Autre contradiction à laquelle s’est heurtée le MAS : l’articulation entre État et organisations populaires. Promues comme le coeur battant du projet socialiste par Evo Morales, celles-ci ont encouru un lent processus de clientélisation, étant intégrées aux structures dirigeantes jusqu’à devenir de véritables organes gouvernementaux – bénéficiant de ressources publiques en échange d’un soutien électoral. Ce processus a entraîné une perte d’autonomie de ces organisations et une distanciation avec leurs bases sociales. C’est sous le mandat de Luis Arce qu’il a atteint son paroxysme, avec une gestion dont le caractère vertical et technocratique s’accroissait à mesure que le mécontentement populaire grandissait.

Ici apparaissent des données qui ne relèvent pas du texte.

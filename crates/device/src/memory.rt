//! A device in memory.

ghost use Rattle.std.specs.Prelude.{◌≡◌, ◌⊎◌, ◌↔◌, ◌+◌, ◌<◌, ◌≤◌, ◌^◌, suc, Bool, true, IsTrue, IsOk, OnOk, OnErr, IfOk, IfErr, length, replicate, drop};
ghost use Rattle.device.specs.Disk.{MayCrashTo, first, Reads, Writes, IsKeptOrNot, Syncs, CountsFailures};
ghost use Rattle.device.specs.Record.{done, are_inside, synced_calls, synced_over};
ghost use Rattle.device.specs.Past.{writes_of};
ghost use Rattle.device.specs.Plans.{fate_of, after_call, counted_with};

use crate::count::Count;
use crate::device::Device;
use crate::past::{Past, Synced};
use crate::plan::{Fate, Plan};
use crate::record::{Piece, settle, torn_image, write_noted};
use index_model::{Fault, Noted, reckon};
use std::alloc::Global;

/// What a crash leaves of a device in memory.
#[derive(Clone, Copy, Debug, PartialEq, Eq)]
pub enum CrashImage {
    /// The bytes at the last successful sync.
    Drop,
    /// All bytes as written.
    Keep,
    /// The bytes at the last successful sync, then each later write in order, its first half as
    /// written and each other byte A5.
    Tear,
}

/// A device in memory, which keeps the model. Calls of it can be made to fail, and it can be asked
/// what a crash leaves. It notes its writes since the last sync; a write that cannot be noted does
/// nothing and answers `Io`.
#[derive(Drop)]
pub struct MemDevice {
    alloc: Global,
    firm: Vec<u8>,
    bytes: Vec<u8>,
    since: Vec<Piece>,
    failures: Noted<Count>,
    plan: Plan,
    made: u64,
    past: Noted<Past>,
    ghost replayed: { bytes.items ≡ (done (first past.value.start) past.value.calls).now.seen },
    ghost inside: { IsTrue (are_inside (length past.value.start) past.value.calls) },
    ghost sized: { length bytes.items ≡ length past.value.start },
    ghost small: { length (done (first past.value.start) past.value.calls).now.seen < 2 ^ 63 },
    ghost firm_is: { firm.items ≡ synced_over past.value.start past.value.calls },
    ghost since_is: { writes_of since.items ≡ drop (synced_calls past.value.calls) past.value.calls },
}

impl MemDevice {
    ghost use Rattle.device.specs.Memory.{trace_of, failures_of, plan_of, calls_of, left_by};
    ghost use Rattle.device.specs.Plans.{no_plan, failing_at, stopping_at};

    /// A device of so many bytes, all zero and synced, of which no call is made to fail. Without
    /// memory for them it is refused with `NoMemory`.
    pub fn new(alloc: Global, len: u64) -> Result<MemDevice, Fault>
        ensures bytes { IfOk result (λ d. trace_of d ≡ first (replicate len 0)) }
        ensures plan { IfOk result (λ d. plan_of d ≡ no_plan) }
        ensures calls { IfOk result (λ d. calls_of d ≡ 0) }
        ensures fault { IfErr result (λ e. e ≡ Fault.NoMemory) }
    {
        if len >= 1 << 63 {
            return Err(Fault::NoMemory);
        }
        let Ok(firm) = vec![in alloc; 0u8; len as usize] else {
            return Err(Fault::NoMemory);
        };
        MemDevice::of_bytes(alloc, firm)
    }

    /// The nth call from now, of reads, writes and syncs, fails once; a write is kept as written all
    /// the same. 0: none does. An earlier such plan is dropped; one of `stop_at` stands beside it.
    pub fn fail_at(&mut self, n: u64)
        ensures plan { plan_of self.new ≡ failing_at n (plan_of self.old) }
        ensures trace { trace_of self.new ≡ trace_of self.old }
        ensures failures { failures_of self.new ≡ failures_of self.old }
        ensures calls { calls_of self.new ≡ calls_of self.old }
    {
        self.plan.fail_in = n;
    }

    /// The nth call from now, of reads, writes and syncs, fails, and so does each later one. If the
    /// nth is a write it is kept as written; the later calls do nothing. 0: none does. An earlier such
    /// plan is dropped, also where it has stopped the device; one of `fail_at` stands beside it.
    pub fn stop_at(&mut self, n: u64)
        ensures plan { plan_of self.new ≡ stopping_at n (plan_of self.old) }
        ensures trace { trace_of self.new ≡ trace_of self.old }
        ensures failures { failures_of self.new ≡ failures_of self.old }
        ensures calls { calls_of self.new ≡ calls_of self.old }
    {
        self.plan.stop_in = n;
        self.plan.stopped = false;
    }

    /// How many calls, of reads, writes and syncs, were made since it was made, the failed ones among them,
    /// but none after a stop. From 2^64 - 1 on it says that number.
    pub fn calls(&self) -> u64
        ensures { result ≡ calls_of self.now }
    {
        self.made
    }

    /// What a crash now leaves, as a device of its own: its bytes are synced, and no call of it is
    /// made to fail. Without memory for it the call is refused with `NoMemory`.
    pub fn crash(&self, alloc: Global, image: CrashImage) -> Result<MemDevice, Fault>
        ensures bytes { IfOk result (λ d. trace_of d ≡ first (left_by image self.now)) }
        ensures left { MayCrashTo (trace_of self.now).now (left_by image self.now) }
        ensures plan { IfOk result (λ d. plan_of d ≡ no_plan) }
        ensures calls { IfOk result (λ d. calls_of d ≡ 0) }
        ensures fault { IfErr result (λ e. e ≡ Fault.NoMemory) }
    {
        let made = match image {
            CrashImage::Keep => self.bytes.to_vec(alloc),
            CrashImage::Drop => self.firm.to_vec(alloc),
            CrashImage::Tear => torn_image(alloc, &self.firm, &self.since),
        };
        let Ok(firm) = made else {
            return Err(Fault::NoMemory);
        };
        MemDevice::of_bytes(alloc, firm)
    }

    /// A device of these bytes, all synced, of which no call is made to fail.
    fn of_bytes(alloc: Global, firm: Vec<u8>) -> Result<MemDevice, Fault>
        requires { length firm.items < 2 ^ 63 }
        ensures bytes { IfOk result (λ d. trace_of d ≡ first firm.items) }
        ensures plan { IfOk result (λ d. plan_of d ≡ no_plan) }
        ensures calls { IfOk result (λ d. calls_of d ≡ 0) }
        ensures fault { IfErr result (λ e. e ≡ Fault.NoMemory) }
    {
        let Ok(bytes) = firm.to_vec(alloc) else {
            return Err(Fault::NoMemory);
        };
        let past = reckon(&firm);
        Ok(MemDevice {
            alloc,
            firm,
            bytes,
            since: Vec::new(alloc),
            failures: reckon(&()),
            plan: Plan::NONE,
            made: 0,
            past,
        })
    }
}

/// Counts a call, unless the device has stopped, and says what becomes of it.
fn next_call(plan: &mut Plan, made: &mut u64) -> Fate
    ensures fate { result ≡ fate_of plan.old }
    ensures plan { plan.new ≡ after_call plan.old }
    ensures made { made.new ≡ counted_with plan.old made.old }
{
    if !plan.stopped {
        *made = made.saturating_add(1);
    }
    plan.next()
}

/// Counts a failed call.
fn count_failure(failures: &mut Noted<Count>) -> Fault
    ensures counted { failures.new.value ≡ suc failures.old.value }
    ensures io { result ≡ Fault.Io }
{
    *failures = reckon(failures);
    Fault::Io
}

impl Device for MemDevice {
    ghost use Rattle.device.specs.Memory.{trace_of, failures_of, plan_of, calls_of};
    ghost use Rattle.device.specs.Plans.{fate_of, after_call, counted_with};

    ghost trace = { λ m. done (first m.past.value.start) m.past.value.calls };

    ghost failures = { λ m. m.failures.value };

    ghost is_honest = { λ _. true };

    ghost small = { λ m. m.small };

    fn len(&self) -> u64 {
        self.bytes.len() as u64
    }

    fn read_at(&mut self, at: u64, buf: &mut [u8]) -> Result<(), Fault>
        requires range { at + length buf.old ≤ length (trace_of self.old).now.seen }
        ensures read { OnOk result (Reads (trace_of self.old) at buf.old buf.new) }
        ensures trace { trace_of self.new ≡ trace_of self.old }
        ensures failures { CountsFailures result (failures_of self.old) (failures_of self.new) }
        ensures fate { IsOk result ↔ (fate_of (plan_of self.old) ≡ Fate.Runs) }
        ensures plan { plan_of self.new ≡ after_call (plan_of self.old) }
        ensures calls { calls_of self.new ≡ counted_with (plan_of self.old) (calls_of self.old) }
    {
        let Fate::Runs = next_call(&mut self.plan, &mut self.made) else {
            return Err(count_failure(&mut self.failures));
        };
        let at = at as usize;
        buf.copy_from_slice(&self.bytes[at..at + buf.len()]);
        Ok(())
    }

    fn write_at(&mut self, at: u64, bytes: &[u8]) -> Result<(), Fault>
        requires range { at + length bytes.now ≤ length (trace_of self.old).now.seen }
        ensures trace { Writes at bytes.now result (trace_of self.old) (trace_of self.new) }
        ensures len { length (trace_of self.new).now.seen ≡ length (trace_of self.old).now.seen }
        ensures failures { CountsFailures result (failures_of self.old) (failures_of self.new) }
        ensures fate { IsOk result → fate_of (plan_of self.old) ≡ Fate.Runs }
        ensures dead { fate_of (plan_of self.old) ≡ Fate.Dead
            → trace_of self.new ≡ trace_of self.old }
        // A write that fails is kept as written, unless it could not be noted.
        ensures kept { OnErr result
            (IsKeptOrNot at bytes.now (trace_of self.old) (trace_of self.new)) }
        ensures plan { plan_of self.new ≡ after_call (plan_of self.old) }
        ensures calls { calls_of self.new ≡ counted_with (plan_of self.old) (calls_of self.old) }
    {
        let fate = next_call(&mut self.plan, &mut self.made);
        if fate == Fate::Dead {
            return Err(count_failure(&mut self.failures));
        }
        let Ok(()) = write_noted(self.alloc, &mut self.since, &mut self.bytes, at, bytes) else {
            return Err(count_failure(&mut self.failures));
        };
        self.past = reckon(&(&self.past, at, bytes));
        if fate == Fate::Fails {
            return Err(count_failure(&mut self.failures));
        }
        Ok(())
    }

    fn sync(&mut self) -> Result<(), Fault>
        ensures trace { Syncs result (trace_of self.old) (trace_of self.new) }
        ensures len { length (trace_of self.new).now.seen ≡ length (trace_of self.old).now.seen }
        ensures failures { CountsFailures result (failures_of self.old) (failures_of self.new) }
        ensures fate { IsOk result ↔ (fate_of (plan_of self.old) ≡ Fate.Runs) }
        ensures plan { plan_of self.new ≡ after_call (plan_of self.old) }
        ensures calls { calls_of self.new ≡ counted_with (plan_of self.old) (calls_of self.old) }
    {
        let Fate::Runs = next_call(&mut self.plan, &mut self.made) else {
            return Err(count_failure(&mut self.failures));
        };
        settle(&mut self.firm, &mut self.since);
        self.past = reckon(&(&self.past, Synced {}));
        Ok(())
    }
}
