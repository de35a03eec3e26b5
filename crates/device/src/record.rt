//! The writes since the last sync of a device in memory, and what they say of the bytes.

ghost use Rattle.std.specs.Prelude.{◌≡◌, ◌++◌, [], ◌∷◌, ◌+◌, ◌≤◌, IsTrue, length, OnOk, OnErr, IfOk};
ghost use Rattle.device.specs.Disk.{put};
ghost use Rattle.device.specs.Record.{are_inside, Write, written_over, torn, torn_over};
ghost use Rattle.device.specs.Past.{writes_of};

use std::alloc::{AllocError, Global};

/// Bytes that were written, and where.
#[derive(Drop)]
pub struct Piece {
    at: u64,
    bytes: Vec<u8>,
}

/// Notes a write and does it. Without memory for the note nothing is done.
pub(crate) fn write_noted(
    alloc: Global,
    since: &mut Vec<Piece>,
    bytes: &mut Vec<u8>,
    at: u64,
    piece: &[u8],
) -> Result<(), AllocError>
    requires { at + length piece.now ≤ length bytes.old.items }
    ensures noted { OnOk result (writes_of since.new.items
        ≡ writes_of since.old.items ++ Write at piece.now ∷ []) }
    ensures bytes { OnOk result (bytes.new.items ≡ put bytes.old.items at piece.now) }
    ensures since_kept { OnErr result (since.new.items ≡ since.old.items) }
    ensures bytes_kept { OnErr result (bytes.new.items ≡ bytes.old.items) }
{
    let noted = piece.to_vec(alloc)?;
    since.push(Piece { at, bytes: noted })?;
    lay(bytes, at, piece);
    Ok(())
}

/// Puts the piece at its place.
fn lay(bytes: &mut [u8], at: u64, piece: &[u8])
    requires { at + length piece.now ≤ length bytes.old }
    ensures { bytes.new ≡ put bytes.old at piece.now }
{
    let at = at as usize;
    bytes[at..at + piece.len()].copy_from_slice(piece);
}

/// Puts the first half of the piece at its place, and A5 after it.
fn tear(bytes: &mut [u8], at: u64, piece: &[u8])
    requires { at + length piece.now ≤ length bytes.old }
    ensures { bytes.new ≡ put bytes.old at (torn piece.now) }
{
    let half = piece.len() / 2;
    let at = at as usize;
    let place = &mut bytes[at..at + piece.len()];
    place[..half].copy_from_slice(&piece[..half]);
    place[half..].fill(0xa5);
}

/// Does the writes since the last sync on the bytes that were there then, and forgets them.
pub(crate) fn settle(firm: &mut Vec<u8>, since: &mut Vec<Piece>)
    requires { IsTrue (are_inside (length firm.old.items) (writes_of since.old.items)) }
    ensures firm { firm.new.items ≡ written_over firm.old.items (writes_of since.old.items) }
    ensures since { since.new.items ≡ [] }
{
    write_over(firm, since);
    since.clear();
}

/// Does the writes again.
fn write_over(bytes: &mut [u8], pieces: &[Piece])
    requires { IsTrue (are_inside (length bytes.old) (writes_of pieces.now)) }
    ensures { bytes.new ≡ written_over bytes.old (writes_of pieces.now) }
{
    let mut rest = pieces;
    while let [piece, later @ ..] = rest {
        lay(bytes, piece.at, &piece.bytes);
        rest = later;
    }
}

/// Does the writes again, each torn.
fn tear_over(bytes: &mut [u8], pieces: &[Piece])
    requires { IsTrue (are_inside (length bytes.old) (writes_of pieces.now)) }
    ensures { bytes.new ≡ torn_over bytes.old (writes_of pieces.now) }
{
    let mut rest = pieces;
    while let [piece, later @ ..] = rest {
        tear(bytes, piece.at, &piece.bytes);
        rest = later;
    }
}

/// The bytes with each of the writes torn.
pub(crate) fn torn_image(alloc: Global, firm: &[u8], since: &[Piece]) -> Result<Vec<u8>, AllocError>
    requires { IsTrue (are_inside (length firm.now) (writes_of since.now)) }
    ensures { IfOk result (λ image. image.items ≡ torn_over firm.now (writes_of since.now)) }
{
    let mut image = firm.to_vec(alloc)?;
    tear_over(&mut image, since);
    Ok(image)
}
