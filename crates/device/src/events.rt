//! A list of calls that only clauses read.

ghost use Rattle.std.specs.Prelude.{[], ◌∷◌};

use index_model::{Noted, Reckons};
use std::marker::Model;

/// Calls with their answers, the newest first. None is made: it is the type of one that is noted.
pub struct Events {}

impl Model for Events {
    ghost use Rattle.std.specs.Prelude.{List, []};
    ghost use Rattle.device.specs.Event.{Event};

    ghost Value = { List Event };

    ghost view = { λ _. [] };
}

/// No call.
impl Reckons<()> for Events {
    ghost reckoned = { λ _. [] };
}

/// One call more: which it was, where, how many bytes went, whether it succeeded, and its bytes.
impl<'a> Reckons<(u64, u64, u64, bool, &'a [u8], &'a Noted<Events>)> for Events {
    ghost reckoned = { λ x. (x.0, x.1, x.2, x.3, x.4.now) ∷ x.5.now.value };
}
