//! The steps of a scan.

ghost use Rattle.std.specs.Prelude.{◌≡◌, ◌≤◌, [], Some, None, IfErr, length};
ghost use Rattle.index_model.specs.Faults.{HasCause};
ghost use Rattle.index_model.specs.Order.{IsAscending};
ghost use Rattle.latch_table.specs.Holdings.{pinned};
ghost use Rattle.page_action.specs.States.{Continues, with_table};
ghost use Rattle.tree_shape.specs.Leaf.{IsCopiedFrom};
ghost use Rattle.tree_acts.specs.StepEffects.{causes_of_reading_any};
ghost use Rattle.scan.specs.Scans.{without_leaf};

use crate::next_page::{after_leaf, frontier_past};
use arrayvec::ArrayVec;
use descent::{NextPage, Position, lead, read_shared, way_down};
use index_model::{Bound, Entry, Fault, Range, Session};
use page_action::PageStore;
use page_codec::{Items, Page};
use tree_shape::{SearchKey, take_matches};

/// Where a scan is between its steps.
#[derive(Clone, Copy)]
pub enum ScanAt {
    /// Before its first step.
    Start,
    /// The next step reads this page.
    At(Position),
    /// It has read the last leaf.
    Last,
}

/// A scan of one session.
#[derive(Drop)]
pub struct ScanOp {
    pub session: Session,
    pub range: Range,
    pub at: ScanAt,
    /// The greatest bound read so far: what is given lies beyond what was the frontier before its leaf was
    /// read.
    pub frontier: Bound,
    /// The matches of the leaf that was read last.
    pub copied: ArrayVec<Entry, 50>,
    /// How many of them were given.
    pub given: usize,
    /// The leaf that it stands on and has pinned, until it has read another page.
    pub leaf: Option<u32>,
}

/// What a step of a scan answers.
#[derive(Clone, Copy)]
pub enum ScanStep {
    /// There are more steps to make.
    Going,
    /// Entries are ready to be given: their number.
    Ready(u32),
    /// All is given.
    Done,
}

impl ScanOp {
    ghost use Rattle.scan.specs.Scans.{fresh_scan, waiting, moved_to, after_reading, ScanSteps, IsNext};

    /// A scan of the range before its first step.
    pub fn new(session: Session, range: Range) -> ScanOp
        ensures { result ≡ fresh_scan session range }
    {
        ScanOp {
            session,
            range,
            at: ScanAt::Start,
            frontier: range.start(),
            copied: ArrayVec::new(),
            given: 0,
            leaf: None,
        }
    }

    /// How many entries are ready to be given.
    pub fn ready(&self) -> u32
        ensures { result ≡ length (waiting self.now) }
    {
        self.copied.len().saturating_sub(self.given) as u32
    }

    /// The next of the entries that are ready, or none.
    pub fn next(&mut self) -> Option<Entry>
        ensures { IsNext self.old result self.new }
    {
        if self.given >= self.copied.len() {
            return None;
        }
        let entry = self.copied[self.given];
        self.given += 1;
        Some(entry)
    }

    /// Makes one step. While entries are ready it answers their number and changes nothing. After `Done` and
    /// after each fault but `Blocked` the call is over, and its store's `end` is due.
    ///
    /// Refused with `Blocked` (4), and the same step may be made again; with `Io` (2), `Stopped` (3),
    /// `NoFrame` (10); with `PageDamaged` (17) on pages that are no tree. A refused step changes nothing.
    pub fn step<S: PageStore>(&mut self, store: &mut S) -> Result<ScanStep, Fault>
        ensures all { ScanSteps S.PageStore self.old self.new store.old store.new result }
        ensures faults { IfErr result (HasCause causes_of_reading_any) }
    {
        if store.is_stopped() {
            return Err(Fault::Stopped);
        }
        let ready = self.ready();
        if ready > 0 {
            return Ok(ScanStep::Ready(ready));
        }
        match self.at {
            ScanAt::Start => self.find_root(store),
            ScanAt::At(position) => self.read(store, position),
            ScanAt::Last => Ok(ScanStep::Done),
        }
    }

    // The first step: reads the metapage.
    fn find_root<S: PageStore>(&mut self, store: &mut S) -> Result<ScanStep, Fault>
        requires at { self.old.at ≡ ScanAt.Start }
        requires none { waiting self.old ≡ [] }
        ensures all { ScanSteps S.PageStore self.old self.new store.old store.new result }
        ensures faults { IfErr result (HasCause causes_of_reading_any) }
    {
        read_shared(store, self.session, 0)?;
        let Some(position) = way_down(store.view(0)) else {
            return Err(Fault::PageDamaged(0));
        };
        self.go_on(store, position);
        Ok(ScanStep::Going)
    }

    // Reads a page: it leads on, or it is the leaf after the frontier, whose matches are copied.
    fn read<S: PageStore>(&mut self, store: &mut S, position: Position) -> Result<ScanStep, Fault>
        requires at { self.old.at ≡ ScanAt.At position }
        requires none { waiting self.old ≡ [] }
        ensures all { ScanSteps S.PageStore self.old self.new store.old store.new result }
        ensures faults { IfErr result (HasCause causes_of_reading_any) }
    {
        read_shared(store, self.session, position.block)?;
        let page = store.view(position.block);
        let most = store.limits().pages;
        match lead(page, &position, &SearchKey::UpTo(self.frontier), 0, most) {
            None => Err(Fault::PageDamaged(position.block)),
            Some(NextPage::Going(on)) => {
                self.go_on(store, on);
                Ok(ScanStep::Going)
            }
            Some(NextPage::Here) => {
                let Items::Entries(entries) = &page.items else {
                    return Err(Fault::PageDamaged(position.block));
                };
                self.take(page, entries.as_slice());
                self.stand_on(store, position.block);
                Ok(ScanStep::Ready(self.ready()))
            }
        }
    }

    // Goes on to another page, and stands on no leaf.
    fn go_on<S: PageStore>(&mut self, store: &mut S, position: Position)
        ensures steps { Continues S.follows store.old store.new }
        ensures backing { S.backing store.new ≡ S.backing store.old }
        ensures state { S.state store.new ≡ with_table (S.state store.old)
            (without_leaf (S.state store.old).table self.old.session self.old.leaf) }
        ensures op { self.new ≡ moved_to self.old position }
    {
        self.let_go(store);
        self.at = ScanAt::At(position);
    }

    // Stands on this leaf, and on no other.
    fn stand_on<S: PageStore>(&mut self, store: &mut S, block: u32)
        ensures steps { Continues S.follows store.old store.new }
        ensures backing { S.backing store.new ≡ S.backing store.old }
        ensures state { S.state store.new ≡ with_table (S.state store.old)
            (pinned (without_leaf (S.state store.old).table self.old.session self.old.leaf)
            self.old.session block) }
        ensures op { self.new ≡ record self.old { leaf = Some block } }
    {
        self.let_go(store);
        store.pin(self.session, block);
        self.leaf = Some(block);
    }

    // Lets go the leaf that it stands on, if there is one.
    fn let_go<S: PageStore>(&mut self, store: &mut S)
        ensures steps { Continues S.follows store.old store.new }
        ensures backing { S.backing store.new ≡ S.backing store.old }
        ensures state { S.state store.new ≡ with_table (S.state store.old)
            (without_leaf (S.state store.old).table self.old.session self.old.leaf) }
        ensures op { self.new ≡ record self.old { leaf = None } }
    {
        if let Some(block) = self.leaf {
            store.unpin(self.session, block);
        }
        self.leaf = None;
    }

    // The matches of a leaf become ready, and the frontier goes on after it.
    fn take(&mut self, page: &Page, entries: &[Entry])
        requires few { length entries.now ≤ 50 }
        ensures copied { IsAscending entries.now → IsCopiedFrom entries.now self.old.frontier
            self.old.range.below self.new.copied.items }
        ensures many { length self.new.copied.items ≤ 50 }
        ensures op { self.new
            ≡ after_reading self.old page.now.high page.now.right self.new.copied.items }
    {
        take_matches(entries, &self.frontier, &self.range.below, &mut self.copied);
        self.given = 0;
        self.at = after_leaf(page, &self.range.below);
        self.frontier = frontier_past(self.frontier, &page.high);
    }
}
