//! A forward scan of a range over a tree of any size, one page a step.
#![tactic(auto)]

mod laws;
mod next_page;
mod steps;

pub use laws::{fresh_scans_are_bounded, scans_are_bounded, scans_are_undisturbed};
pub use steps::{ScanAt, ScanOp, ScanStep};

En Bolivie, l’accès des organisations sociales et syndicales au cœur de l’État est aujourd’hui conditionné par un certain nombre d’obligations plus ou moins implicites : faire montre d’un soutien au gouvernement, être prêt à défiler en sa faveur, ne pas le critiquer publiquement. En pervertissant le projet de démocratie sociale et participative à des fins clientélistes, la gauche bolivienne aura-t-elle contribué à creuser son propre tombeau ?

Notes :

1 Rodríguez López y al., ‘‘Efectos de la minería en el desarrollo económico, social y ambiental del Estado Plurinacional de Bolivia”, Documentos de Proyectos, (LC/TS.2020/42), Santiago, Comisión Económica para América Latina y el Caribe (CEPAL), 2020.

2 Ministerio de Minería y Metalurgia, Ley n°535 de Minería y Metalurgia, La Paz, 28 de Mayo de 2014.

3 Alcides Arguedas, Historia de Bolivia: Vol.2. Los caudillos letrados…, Barcelona: imprenta Arnau, 1923.